**Stored data entries**
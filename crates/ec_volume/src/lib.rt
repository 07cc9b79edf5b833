//! Objects, their images, updates and volumes.
#![tactic(auto)]

mod carry;
mod effect;
mod entries;
mod fits;
mod image;
mod laws;
mod limits;
mod look;
mod shared;
mod update;
mod volume;

pub use entries::Entries;
pub use image::{Image, Kind};
pub use laws::{
    changed_volume_shows_the_update, images_tell_the_volume, lists_fit_one_by_one,
    unfit_operand_decides,
};
pub use limits::{MAX_ENTRIES, MAX_FILE_BYTES, MAX_MODE, MAX_ORDERED, MAX_WRITE_BYTES};
pub use look::Look;
pub use shared::SharedImage;
pub use update::{Update, operands};
pub use volume::{ApplyFault, Volume};
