use crate::caller::{Caller, Refusal, accepted, hello_in, posted, refusal_in};
use crate::fault::{ServeFault, halted};
use crate::outbox::{drop_first, is_others, next_for, own, post_all, told_of};
use crate::server::{end, take};
use crate::shared::Turned;
use crate::state::{Node, Taking, Told};
use crate::step::{Deed, Halt, Step};
use ec_base::{ClerkId, LAST_COUNTER};
use ec_link::{Link, Sent};
use ec_protocol::Served;
use ec_server::{Keeper, ServerFault};
use ec_wire::{Msg, encode};
use std::alloc::Global;
use std::snapshot::Snapshot;
use std::sync::Wait;
use std::time::Clock;

// The halt that a fault of the server is. Want of memory is none.
fn halt_of(fault: ServerFault) -> Option<Halt>
    ensures { result ≡ halt_in fault }
{
    match fault {
        ServerFault::DiskFailed => Some(Halt::DiskFailed),
        ServerFault::DiskStopped => Some(Halt::DiskStopped),
        ServerFault::Spent(counter) => Some(Halt::Spent(counter)),
        ServerFault::NoMemory => None,
    }
}

// Sends one message. A server sends none that isn't sound.
fn send_one<L: Link, R: Wait + Clock>(rt: &R, alloc: Global, link: &mut L, msg: &Msg) -> Sent
    ensures got { L.got link.new ≡ added (L.got link.old) (carried result (msg_code.spell msg.now)) }
    ensures given { L.given link.new ≡ L.given link.old }
    ensures held { L.held link.new ≡ L.held link.old }
    ensures faults { L.faults link.old + failed result ≤ L.faults link.new }
    ensures closes { L.closes link.old ≤ L.closes link.new }
{
    if !msg.sound() {
        return Sent::NoMemory;
    }
    match encode(alloc, msg) {
        Ok(body) => link.send(rt, &body),
        Err(_) => Sent::NoMemory,
    }
}

// Who is refused, and why.
#[derive(Drop)]
struct Refused<'a> {
    caller: &'a Caller,
    refusal: Refusal,
}
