// What stands under an id.
ghost use Rattle.std.specs.Prelude.{◌≡◌, ◌==◌, ◌&&◌, ℕ, Bool, List, [], length, Option};
ghost use Rattle.ec_volume.specs.Entries.{entry};
ghost use Rattle.ec_volume.specs.Image.{is_gone, is_file, is_dir, is_kind, entries_of, bytes_of, is_id, lacks, gives, is_bare, yields, new_object};

use crate::entries::Entries;
use crate::limits::{DIR_MODE, FILE_MODE};
use ec_base::{Duplicate, List, Name, NoMemory, ObjId, duplicate_bytes};
use std::alloc::Global;

/// The kind of an object.
#[derive(Clone, Copy, Debug, Drop, PartialEq, Eq)]
pub enum Kind {
    File,
    Dir,
}

/// What stands under an id. A mode is at most `MAX_MODE`, a file has at most `MAX_FILE_BYTES` bytes
/// and a directory at most `MAX_ENTRIES` entries.
#[derive(Drop)]
pub enum Image {
    Gone,
    File {
        mode: u16,
        stamp: u64,
        owner: u32,
        bytes: List<u8>,
    },
    Dir {
        mode: u16,
        stamp: u64,
        owner: u32,
        entries: Entries,
    },
}

impl Image {
    // An empty object with the mode that new objects have.
    pub(crate) fn new_object(alloc: Global, kind: Kind) -> Image
        ensures { result ≡ new_object kind }
    {
        match kind {
            Kind::File => Image::File {
                mode: FILE_MODE,
                stamp: 0,
                owner: 0,
                bytes: List::of(Vec::new(alloc)),
            },
            Kind::Dir => Image::Dir {
                mode: DIR_MODE,
                stamp: 0,
                owner: 0,
                entries: Entries::new(alloc),
            },
        }
    }

    pub(crate) fn is_gone(&self) -> bool
        ensures { result ≡ is_gone self.now }
    {
        matches!(self, Image::Gone)
    }

    pub(crate) fn is_file(&self) -> bool
        ensures { result ≡ is_file self.now }
    {
        matches!(self, Image::File { .. })
    }

    pub(crate) fn is_dir(&self) -> bool
        ensures { result ≡ is_dir self.now }
    {
        matches!(self, Image::Dir { .. })
    }

    pub(crate) fn is_kind(&self, kind: Kind) -> bool
        ensures { result ≡ is_kind kind self.now }
    {
        match kind {
            Kind::File => self.is_file(),
            Kind::Dir => self.is_dir(),
        }
    }

    // The id that the name stands for in a directory.
    pub(crate) fn entry(&self, name: &Name) -> Option<ObjId>
        ensures { result ≡ entry (entries_of self.now) name.now }
    {
        match self {
            Image::Dir { entries, .. } => entries.get(name),
            Image::File { .. } | Image::Gone => None,
        }
    }

    // How many entries a directory has.
    pub(crate) fn entry_count(&self) -> usize
        ensures { result ≡ length (entries_of self.now) }
    {
        match self {
            Image::Dir { entries, .. } => entries.len(),
            Image::File { .. } | Image::Gone => 0,
        }
    }

    // How many bytes a file has.
    pub(crate) fn byte_count(&self) -> usize
        ensures { result ≡ length (bytes_of self.now) }
    {
        match self {
            Image::File { bytes, .. } => bytes.as_slice().len(),
            Image::Dir { .. } | Image::Gone => 0,
        }
    }

    // A directory without this name.
    pub(crate) fn lacks(&self, name: &Name) -> bool
        ensures { result ≡ lacks name.now self.now }
    {
        self.is_dir() && self.entry(name).is_none()
    }

    // A directory whose entry of this name is the id.
    pub(crate) fn gives(&self, name: &Name, id: ObjId) -> bool
        ensures { result ≡ gives name.now id self.now }
    {
        self.is_dir() && is_id(id, self.entry(name))
    }

    // Of the kind, and empty where a directory.
    pub(crate) fn is_bare(&self, kind: Kind) -> bool
        ensures { result ≡ is_bare kind self.now }
    {
        self.is_kind(kind) && self.entry_count() == 0
    }

    // A directory in which the name is the victim's, or no entry where there is none.
    pub(crate) fn yields(&self, name: &Name, victim: Option<ObjId>) -> bool
        ensures { result ≡ yields name.now victim self.now }
    {
        match victim {
            Some(id) => self.gives(name, id),
            None => self.lacks(name),
        }
    }
}

pub(crate) fn is_id(id: ObjId, other: Option<ObjId>) -> bool
    ensures { result ≡ is_id id other }
{
    match other {
        Some(other) => id == other,
        None => false,
    }
}

impl Duplicate for Kind {
    fn duplicate(&self) -> Result<Self, NoMemory> {
        Ok(*self)
    }
}

impl Duplicate for Image {
    fn duplicate(&self) -> Result<Self, NoMemory> {
        match self {
            Image::Gone => Ok(Image::Gone),
            Image::File {
                mode,
                stamp,
                owner,
                bytes,
            } => Ok(Image::File {
                mode: *mode,
                stamp: *stamp,
                owner: *owner,
                bytes: duplicate_bytes(bytes)?,
            }),
            Image::Dir {
                mode,
                stamp,
                owner,
                entries,
            } => Ok(Image::Dir {
                mode: *mode,
                stamp: *stamp,
                owner: *owner,
                entries: entries.duplicate()?,
            }),
        }
    }
}
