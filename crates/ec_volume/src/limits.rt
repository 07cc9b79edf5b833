// The limits of files, directories, modes and updates, and the modes of new objects.
use ec_base::MAX_PATH_NAMES;

/// A file has at most this many bytes.
pub const MAX_FILE_BYTES: usize = 65_536;

/// A directory has at most this many entries.
pub const MAX_ENTRIES: usize = 128;

/// A mode is at most this: twelve bits.
pub const MAX_MODE: u16 = 0o7777;

/// A write has from 1 to this many bytes.
pub const MAX_WRITE_BYTES: usize = 4_096;

/// An operation orders from 1 to this many objects.
pub const MAX_ORDERED: usize = 8;

// A directory that moves comes below at most this many other directories.
pub(crate) const MAX_ABOVE: usize = MAX_PATH_NAMES as usize - 1;

// The mode of a new file.
pub(crate) const FILE_MODE: u16 = 0o644;

// The mode of a new directory.
pub(crate) const DIR_MODE: u16 = 0o755;
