// Whether an update fits the image of one of its operands.
ghost use Rattle.std.specs.Prelude.{false, ◌≡◌, ◌==◌, ◌&&◌, ◌||◌, not, if◌then◌else◌};
ghost use Rattle.ec_volume.specs.Image.{is_kind, is_bare, is_id, yields};
ghost use Rattle.ec_volume.specs.Update.{fits, first_of, leads, has_room};
ghost use Rattle.ec_volume.specs.Carry.{renames};

use crate::image::{Image, Kind, is_id};
use crate::limits::MAX_ENTRIES;
use crate::update::Update;
use ec_base::{Name, ObjId};

impl Image {
    /// Whether the update fits this image of its operand `at`. It takes no memory.
    pub fn fits(&self, update: &Update, at: ObjId) -> bool
        ensures { result ≡ fits update.now at self.now }
    {
        match update {
            Update::Make { dir, name, .. } => {
                if at == *dir {
                    self.lacks(name) && self.entry_count() < MAX_ENTRIES
                } else {
                    self.is_gone()
                }
            }
            Update::Drop {
                dir,
                name,
                obj,
                kind,
            } => {
                if at == *dir {
                    self.gives(name, *obj)
                } else {
                    self.is_bare(*kind)
                }
            }
            Update::Move {
                dir,
                from,
                to,
                obj,
                kind,
                victim,
            } => {
                if at == *dir {
                    self.gives(from, *obj) && self.yields(to, *victim)
                } else if at == *obj {
                    self.is_kind(*kind)
                } else {
                    self.is_bare(*kind)
                }
            }
            Update::Shift {
                dir,
                from,
                into,
                to,
                obj,
                kind,
                victim,
                up,
            } => {
                if !self.leads(up.as_slice(), *into, at) {
                    false
                } else if at == *dir {
                    self.gives(from, *obj)
                } else if at == *into {
                    self.yields(to, *victim) && self.has_room(*victim)
                } else {
                    self.moves(at, *obj, *kind, *victim)
                }
            }
            _ => self.fits_itself(update, at),
        }
    }

    // Whether the update of an object's own parts fits this image of it.
    fn fits_itself(&self, update: &Update, at: ObjId) -> bool
        requires { renames update.now ≡ false }
        ensures { result ≡ fits update.now at self.now }
    {
        match update {
            Update::Put {
                at: place,
                bytes,
                inside,
                ..
            } => {
                self.is_file()
                    && (!*inside || *place as usize + bytes.as_slice().len() <= self.byte_count())
            }
            Update::Len { .. } => self.is_file(),
            _ => !self.is_gone(),
        }
    }

    // Where the id is one of the directories, whether this image names the next one, or the last
    // one the directory that they lead to.
    fn leads(&self, up: &[(ObjId, Name)], into: ObjId, at: ObjId) -> bool
        ensures { result ≡ leads up.now into at self.now }
    {
        match up {
            [] => true,
            [(dir, name), rest @ ..] => {
                (at != *dir || self.gives(name, first_of(rest, into))) && self.leads(rest, into, at)
            }
        }
    }

    // Room for a new name.
    fn has_room(&self, victim: Option<ObjId>) -> bool
        ensures { result ≡ has_room victim self.now }
    {
        victim.is_some() || self.entry_count() < MAX_ENTRIES
    }

    // The object that moves, or its victim.
    fn moves(&self, at: ObjId, obj: ObjId, kind: Kind, victim: Option<ObjId>) -> bool
        ensures { result ≡ (if at == obj then is_kind kind self.now else (not (is_id at victim) || is_bare kind self.now)) }
    {
        if at == obj {
            self.is_kind(kind)
        } else {
            !is_id(at, victim) || self.is_bare(kind)
        }
    }
}

// The first of the directories, or the one that they lead to.
fn first_of(up: &[(ObjId, Name)], into: ObjId) -> ObjId
    ensures { result ≡ first_of up.now into }
{
    match up {
        [] => into,
        [(dir, _), ..] => *dir,
    }
}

**Exercise description**
Set down again, word for word, the stretch of records from the line with "in a directory." to the line with "pub(crate) fn is_bare(&self, kind: Kind)", both of those lines included.

**Answer for the task**
    // The id that the name stands for in a directory.
    pub(crate) fn entry(&self, name: &Name) -> Option<ObjId>
        ensures { result ≡ entry (entries_of self.now) name.now }
    {
        match self {
            Image::Dir { entries, .. } => entries.get(name),
            Image::File { .. } | Image::Gone => None,
        }
    }

    // How many entries a directory has.
    pub(crate) fn entry_count(&self) -> usize
        ensures { result ≡ length (entries_of self.now) }
    {
        match self {
            Image::Dir { entries, .. } => entries.len(),
            Image::File { .. } | Image::Gone => 0,
        }
    }

    // How many bytes a file has.
    pub(crate) fn byte_count(&self) -> usize
        ensures { result ≡ length (bytes_of self.now) }
    {
        match self {
            Image::File { bytes, .. } => bytes.as_slice().len(),
            Image::Dir { .. } | Image::Gone => 0,
        }
    }

    // A directory without this name.
    pub(crate) fn lacks(&self, name: &Name) -> bool
        ensures { result ≡ lacks name.now self.now }
    {
        self.is_dir() && self.entry(name).is_none()
    }

    // A directory whose entry of this name is the id.
    pub(crate) fn gives(&self, name: &Name, id: ObjId) -> bool
        ensures { result ≡ gives name.now id self.now }
    {
        self.is_dir() && is_id(id, self.entry(name))
    }

    // Of the kind, and empty where a directory.
    pub(crate) fn is_bare(&self, kind: Kind) -> bool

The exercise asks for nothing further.